Since July, the Shunding rubber market has ended three consecutive months of decline and once again ushered in an upward trend. As of July 16th, the price of Shunding rubber in the East China region was 13770 yuan/ton, an increase of 10.43% from 12470 yuan/ton at the beginning of the month. The strengthening of the cost side is the core driving force of this rebound.
At the cost level, the geopolitical conflict between the United States and Iran has pushed up international oil prices, and the overseas market for butadiene in Asia continues to rise. Domestic butadiene prices have significantly increased compared to the beginning of the month, significantly raising the production costs of Shunding. Sinopec has continuously increased its factory prices, and the spot market has followed suit.

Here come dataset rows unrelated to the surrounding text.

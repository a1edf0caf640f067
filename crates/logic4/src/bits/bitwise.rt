//! The bit-wise operators, the reductions, and the truth of a vector. In all of them z counts as x.
#![tactic(auto, using(crate::proofs::Widths::widths))]

ghost use Rattle.std.specs.Prelude.{◌≡◌, [], ◌∷◌, length};
ghost use Rattle.logic4.specs.Operators as op;
ghost use Rattle.logic4.specs.Operators.{and_vector, or_vector, xor_vector, not_vector, merge_vector};

use crate::bits::{Bits, mask};
use crate::digit::{Digit, Truth};

impl Bits {
    /// Digit by digit (5.1.10): a 0 gives 0, 1 and 1 give 1, else x. Both widths are equal.
    pub fn and(self, other: Self) -> Self
        requires { length self ≡ length other }
        ensures value { result ≡ and_vector self other }
        ensures width { length result ≡ length self }
    {
        let a = (self.a | self.b) & (other.a | other.b);
        Bits {
            width: self.width,
            a,
            b: a & (self.b | other.b),
        }
    }

    /// Digit by digit (5.1.10): a 1 gives 1, 0 and 0 give 0, else x. Both widths are equal.
    pub fn or(self, other: Self) -> Self
        requires { length self ≡ length other }
        ensures value { result ≡ or_vector self other }
        ensures width { length result ≡ length self }
    {
        let ones = ((self.a | self.b) ^ self.b) | ((other.a | other.b) ^ other.b);
        Bits {
            width: self.width,
            a: (self.a | self.b) | (other.a | other.b),
            b: ((self.b | other.b) | ones) ^ ones,
        }
    }

    /// Digit by digit (5.1.10): x where either is x or z, else 1 where they differ. Both widths are equal.
    pub fn xor(self, other: Self) -> Self
        requires { length self ≡ length other }
        ensures value { result ≡ xor_vector self other }
        ensures width { length result ≡ length self }
    {
        let b = self.b | other.b;
        Bits {
            width: self.width,
            a: (self.a ^ other.a) | b,
            b,
        }
    }

    /// Digit by digit (5.1.10): 0 and 1 change places, x and z give x.
    pub fn not(self) -> Self
        ensures value { result ≡ not_vector self }
        ensures width { length result ≡ length self }
    {
        Bits {
            width: self.width,
            a: (self.a ^ mask(self.width)) | self.b,
            b: self.b,
        }
    }

    /// The conditional operator's arms under an unknown condition (5.1.13): the digits 0 and 1 in which both agree, else x.
    /// Both widths are equal.
    pub fn merge(self, other: Self) -> Self
        requires { length self ≡ length other }
        ensures value { result ≡ merge_vector self other }
        ensures width { length result ≡ length self }
    {
        let b = (self.b | other.b) | (self.a ^ other.a);
        Bits {
            width: self.width,
            a: self.a | b,
            b,
        }
    }

    /// The and of all digits, as one digit (5.1.11).
    pub fn reduce_and(self) -> Self
        ensures value { result ≡ op.reduce_and self ∷ [] }
        ensures width { length result ≡ 1 }
    {
        if self.a | self.b != mask(self.width) {
            Bits::from_digit(Digit::Zero)
        } else if self.b != 0 {
            Bits::from_digit(Digit::X)
        } else {
            Bits::from_digit(Digit::One)
        }
    }

    /// The or of all digits, as one digit (5.1.11).
    pub fn reduce_or(self) -> Self
        ensures value { result ≡ op.reduce_or self ∷ [] }
        ensures width { length result ≡ 1 }
    {
        match self.truth() {
            Truth::False => Bits::from_digit(Digit::Zero),
            Truth::True => Bits::from_digit(Digit::One),
            Truth::Unknown => Bits::from_digit(Digit::X),
        }
    }

    /// The exclusive or of all digits, as one digit (5.1.11).
    pub fn reduce_xor(self) -> Self
        ensures value { result ≡ op.reduce_xor self ∷ [] }
        ensures width { length result ≡ 1 }
    {
        if self.b == 0 {
            Bits::from_u64(1, u64::from(self.a.count_ones()))
        } else {
            Bits::from_digit(Digit::X)
        }
    }

    /// What a condition sees (9.4): true where a digit is 1, false where every digit is 0, else unknown.
    pub fn truth(self) -> Truth
        ensures { result ≡ op.truth self }
    {
        if self.a | self.b != self.b {
            Truth::True
        } else if self.b != 0 {
            Truth::Unknown
        } else {
            Truth::False
        }
    }
}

As of July 16th, the price of butadiene was 10300 yuan/ton, an increase of 16.17% from 8866 yuan/ton at the beginning of the month.
On the supply side, the domestic Shunding production has steadily rebounded, with the weekly capacity utilization rate rising to 71.44%. The resumption of production at Yanshan Petrochemical has driven an increase in output, but the continuous maintenance of multiple units has limited the increment, and the market inventory pressure is not significant.
There are obvious constraints on the demand side. In early July, tire companies conducted centralized maintenance, and the operating rates of all steel and semi steel tires synchronously declined. Downstream only maintained essential procurement and resisted high priced raw materials, resulting in weak market transaction follow-up. Difficult to support a significant increase in adhesive prices. As of July 10th, the construction of semi steel tires by domestic tire companies has reached around 6.3%; The construction of all steel tires by tire enterprises in Shandong region has reached about 60%.
Market forecast:
Since the end of March 2026, the market for butadiene rubber has continued to decline, with the butadiene rubber price moving average chart showing a bearish trend. At the end of June, the price bottomed out and rebounded, with spot prices reaching the 10 day moving average. The short-term downward momentum has eased, but the current price is still under pressure from the 20 day moving average, and the medium-term bearish pattern has not been completely reversed. In the future, attention should be paid to the impact of geopolitical conflicts on costs and tire production data.
Overall, against the backdrop of intensified geopolitical conflict risks, the cost support of butadiene rubber is strong. In addition, the expected maintenance of butadiene facilities in the third quarter provides bottom support, coupled with the strong linkage of natural rubber and low inventory, the price of butadiene rubber may mainly fluctuate with a strong bias. However, the traditional off-season in the downstream tire industry continues, and downstream procurement is difficult to increase in volume, which has certain limitations on the price increase of butadiene rubber.